As you’re putting these retirement savings tips into practice, consider your various IRA (Individual Retirement Account) options.
For example, the Discover IRA CD offers you the ability to earn a guaranteed return with flexible terms ranging from three months to 10 years. The Discover IRA Savings Account allows for flexible contributions and provides a place for you to transfer your maturing IRA CD without locking in a term.
One of the best ways to catch up on retirement savings could be using both accounts to complement one another. Explore Traditional and Roth options for both your IRA CD and IRA Savings Account to get the best tax treatment based on your expected income levels over time.
Contributing the maximum amount allowed to your IRA and/or 401(k) every year is a crucial tip on saving for retirement. You may want to contact a financial advisor or tax professional for further information on your specific situation.
If you have a matching contribution from your employer, be sure you take advantage of this 401(k) benefit and contribute enough to get the full match. Think of this as free money that compounds tax-free until you withdraw it.
Your IRA may also give you tax savings now or when you start withdrawals, depending on whether you chose a Traditional IRA or Roth IRA.
Another retirement savings tip is that you and your spouse may each be able to contribute up to $1,000 more to your IRAs if you are both age 50 or older. You can make catch-up IRA contributions to your Traditional or Roth IRA in accordance with IRS income rules.

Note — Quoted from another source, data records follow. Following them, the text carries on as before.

//! Types in which each reference is the id of what it names.

ghost use Rattle.std.specs.Prelude.{◌≡◌, length, map};
ghost use Rattle.std.specs.Option.{option_map};
ghost use Rattle.wasm_spec.specs.TypeData.{heap_of, reference_of, value_of, storage_of, field_of, map_heap, map_reference, map_value, map_storage, map_field, map_composite, map_sub_type, map_group, group_edges};
ghost use Rattle.form_reader.specs.Views.{composite_of, sub_type_of};
ghost use Rattle.form_types.specs.EarlierTypes.{ids_of};
ghost use Rattle.form_types.specs.Placed.{named_index};

use crate::earlier_types::{id_at, place_of};
use form_reader::{CompositeInnerType, SubType};
use wasm_spec::{CoreTypeId, FieldType, HeapType, RefType, StorageType, UnpackedIndex, ValType};

fn named_index(ids: &[CoreTypeId], index: UnpackedIndex) -> UnpackedIndex
    ensures { result ≡ named_index (ids_of ids.now) index }
{
    UnpackedIndex::Id(id_at(ids, place_of(index)))
}

fn named_heap(ids: &[CoreTypeId], heap: HeapType) -> HeapType
    ensures { heap_of result ≡ map_heap (named_index (ids_of ids.now)) (heap_of heap) }
{
    match heap {
        HeapType::Concrete(index) => HeapType::Concrete(named_index(ids, index)),
        HeapType::Abstract(heap) => HeapType::Abstract(heap),
    }
}

fn named_reference(ids: &[CoreTypeId], ty: RefType) -> RefType
    ensures { reference_of result ≡ map_reference (named_index (ids_of ids.now)) (reference_of ty) }
{
    RefType {
        nullable: ty.nullable,
        heap: named_heap(ids, ty.heap),
    }
}

fn named_value(ids: &[CoreTypeId], value: ValType) -> ValType
    ensures { value_of result ≡ map_value (named_index (ids_of ids.now)) (value_of value) }
{
    match value {
        ValType::I32 => ValType::I32,
        ValType::I64 => ValType::I64,
        ValType::F32 => ValType::F32,
        ValType::F64 => ValType::F64,
        ValType::V128 => ValType::V128,
        ValType::Ref(ty) => ValType::Ref(named_reference(ids, ty)),
    }
}

fn named_storage(ids: &[CoreTypeId], storage: StorageType) -> StorageType
    ensures { storage_of result ≡ map_storage (named_index (ids_of ids.now)) (storage_of storage) }
{
    match storage {
        StorageType::I8 => StorageType::I8,
        StorageType::I16 => StorageType::I16,
        StorageType::Val(value) => StorageType::Val(named_value(ids, value)),
    }
}

fn named_field(ids: &[CoreTypeId], field: FieldType) -> FieldType
    ensures { field_of result ≡ map_field (named_index (ids_of ids.now)) (field_of field) }
{
    FieldType {
        element_type: named_storage(ids, field.element_type),
        mutable: field.mutable,
    }
}

/// References in the values of a list become ids, in place.
fn name_values(ids: &[CoreTypeId], values: &mut [ValType])
    ensures { map value_of values.new ≡ map (map_value (named_index (ids_of ids.now))) (map value_of values.old) }
{
    for value in values.iter_mut() {
        *value = named_value(ids, *value);
    }
}

fn name_fields(ids: &[CoreTypeId], fields: &mut [FieldType])
    ensures { map field_of fields.new ≡ map (map_field (named_index (ids_of ids.now))) (map field_of fields.old) }
{
    for field in fields.iter_mut() {
        *field = named_field(ids, *field);
    }
}

fn name_composite(ids: &[CoreTypeId], composite: &mut CompositeInnerType)
    ensures { composite_of composite.new
        ≡ map_composite (named_index (ids_of ids.now)) (named_index (ids_of ids.now)) (composite_of composite.old) }
{
    match composite {
        CompositeInnerType::Func(function) => {
            name_values(ids, function.params.as_mut_slice());
            name_values(ids, function.results.as_mut_slice());
        }
        CompositeInnerType::Array(field) => *field = named_field(ids, *field),
        CompositeInnerType::Struct(fields) => name_fields(ids, fields.as_mut_slice()),
        CompositeInnerType::Cont(index) => *index = named_index(ids, *index),
    }
}

fn named_supertype(ids: &[CoreTypeId], supertype: Option<UnpackedIndex>) -> Option<UnpackedIndex>
    ensures { result ≡ option_map (named_index (ids_of ids.now)) supertype }
{
    match supertype {
        Some(index) => Some(named_index(ids, index)),
        None => None,
    }
}

fn name_sub_type(ids: &[CoreTypeId], ty: &mut SubType)
    ensures { sub_type_of ty.new ≡ map_sub_type (named_index (ids_of ids.now)) (named_index (ids_of ids.now)) (sub_type_of ty.old) }
{
    ty.supertype = named_supertype(ids, ty.supertype);
    name_composite(ids, &mut ty.composite);
}

/// Each reference of a group's members becomes the id of what it names. `count` is how many
/// references they have.
pub fn name_group(ids: &[CoreTypeId], types: &mut [SubType], count: usize)
    requires { count ≡ length (group_edges (λ i. i) (map sub_type_of types.old)) }
    ensures { map sub_type_of types.new ≡ map_group (named_index (ids_of ids.now)) (named_index (ids_of ids.now)) (map sub_type_of types.old) }
{
    // Most groups name no type, and stay as they are.
    if count == 0 {
        return;
    }
    for ty in types.iter_mut() {
        name_sub_type(ids, ty);
    }
}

Note that IRA catch-up contributions (as well as regular contributions) are due by the due date of your tax return (not including extensions). Questions on your individual situation? Check with your financial advisor or a tax professional.
Check with the Social Security Administration to understand how your retirement start date impacts your benefits. The later you start drawing benefits prior to age 70, the larger your monthly benefit will be. Keep this information in mind as you update your budget and implement your retirement savings strategies.
No matter when you retire, be sure to sign up for Medicare three months before you reach age 65.
Investigate your eligibility for the Saver’s Credit, formerly called the Retirement Savings Contributions Credit, available to some low-to-moderate income families to match a portion of your IRA or employer-sponsored retirement plan. If you qualify, this retirement savings tip could make a significant impact on your financial future.
Figuring out how to catch up on retirement savings might be challenging, but it’s an important step for your future. While retirement is a lifetime goal for many people, some arrive unprepared. Once you begin to make changes and start saving, you may be surprised by how quickly your retirement funds add up.